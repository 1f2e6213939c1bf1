//! The operation counter.

ghost use Rattle.std.specs.Prelude.{◌≡◌, ◌≤◌};
ghost use Rattle.journal.specs.Order.{is_before};
ghost use Rattle.journal.specs.Ticks.{after_ticks};

use std::marker::Model;

/// Counts operations: each call of [`Journal::line`](crate::Journal::line) is one, and so is each line
/// that [`Journal::marks`](crate::Journal::marks) goes over, but where it finds no memory none, and each
/// comparison of two pairs by [`Ticks::before`]. The count stops at 2^64 - 1. Only [`Ticks::new`] makes a counter, and it takes the
/// program's runtime, which `main` and each test are handed and nothing makes: code that is handed a
/// counter and no runtime can count on that counter alone.
#[derive(Debug, Drop)]
pub struct Ticks {
    count: u64,
}

impl Model for Ticks {
    ghost use Rattle.std.specs.Prelude.{ℕ};

    ghost Value = { ℕ };

    ghost view = { λ t. t.count };
}

impl Ticks {
    /// A counter that stands at 0.
    pub fn new(_rt: &HostRuntime) -> Ticks
        ensures { result ≡ 0 }
    {
        Ticks { count: 0 }
    }

    /// How many operations were counted.
    pub fn count(&self) -> u64
        ensures { result ≡ self.now }
    {
        self.count
    }

    /// Whether the first pair of a moment, in milliseconds, and a message's number is less than the
    /// second: by the moment, and by the number where the moments are equal. It costs one operation.
    pub fn before(&mut self, a: (u64, u64), b: (u64, u64)) -> bool
        ensures test { result ≡ is_before a b }

        // Linear arithmetic cannot see this through the definition that `cost` cites.
        ensures not_less { self.old ≤ self.new }
        ensures cost { self.new ≡ after_ticks 1 self.old }
    {
        self.add(1);
        a.0 < b.0 || a.0 == b.0 && a.1 < b.1
    }

    /// Counts so many operations.
    pub(crate) fn add(&mut self, operations: u64)
        ensures not_less { self.old ≤ self.new }
        ensures cost { self.new ≡ after_ticks operations self.old }
    {
        self.count = self.count.saturating_add(operations);
    }
}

▶ **Directions for this task**: Return the material in full, exactly as shown.

▶ **Task answer**:
repository 1f2e6213939c1bf1
//! The operation counter.

ghost use Rattle.std.specs.Prelude.{◌≡◌, ◌≤◌};
ghost use Rattle.journal.specs.Order.{is_before};
ghost use Rattle.journal.specs.Ticks.{after_ticks};

use std::marker::Model;

/// Counts operations: each call of [`Journal::line`](crate::Journal::line) is one, and so is each line
/// that [`Journal::marks`](crate::Journal::marks) goes over, but where it finds no memory none, and each
/// comparison of two pairs by [`Ticks::before`]. The count stops at 2^64 - 1. Only [`Ticks::new`] makes a counter, and it takes the
/// program's runtime, which `main` and each test are handed and nothing makes: code that is handed a
/// counter and no runtime can count on that counter alone.
#[derive(Debug, Drop)]
pub struct Ticks {
    count: u64,
}

impl Model for Ticks {
    ghost use Rattle.std.specs.Prelude.{ℕ};

    ghost Value = { ℕ };

    ghost view = { λ t. t.count };
}

impl Ticks {
    /// A counter that stands at 0.
    pub fn new(_rt: &HostRuntime) -> Ticks
        ensures { result ≡ 0 }
    {
        Ticks { count: 0 }
    }

    /// How many operations were counted.
    pub fn count(&self) -> u64
        ensures { result ≡ self.now }
    {
        self.count
    }

    /// Whether the first pair of a moment, in milliseconds, and a message's number is less than the
    /// second: by the moment, and by the number where the moments are equal. It costs one operation.
    pub fn before(&mut self, a: (u64, u64), b: (u64, u64)) -> bool
        ensures test { result ≡ is_before a b }

        // Linear arithmetic cannot see this through the definition that `cost` cites.
        ensures not_less { self.old ≤ self.new }
        ensures cost { self.new ≡ after_ticks 1 self.old }
    {
        self.add(1);
        a.0 < b.0 || a.0 == b.0 && a.1 < b.1
    }

    /// Counts so many operations.
    pub(crate) fn add(&mut self, operations: u64)
        ensures not_less { self.old ≤ self.new }
        ensures cost { self.new ≡ after_ticks operations self.old }
    {
        self.count = self.count.saturating_add(operations);
    }
}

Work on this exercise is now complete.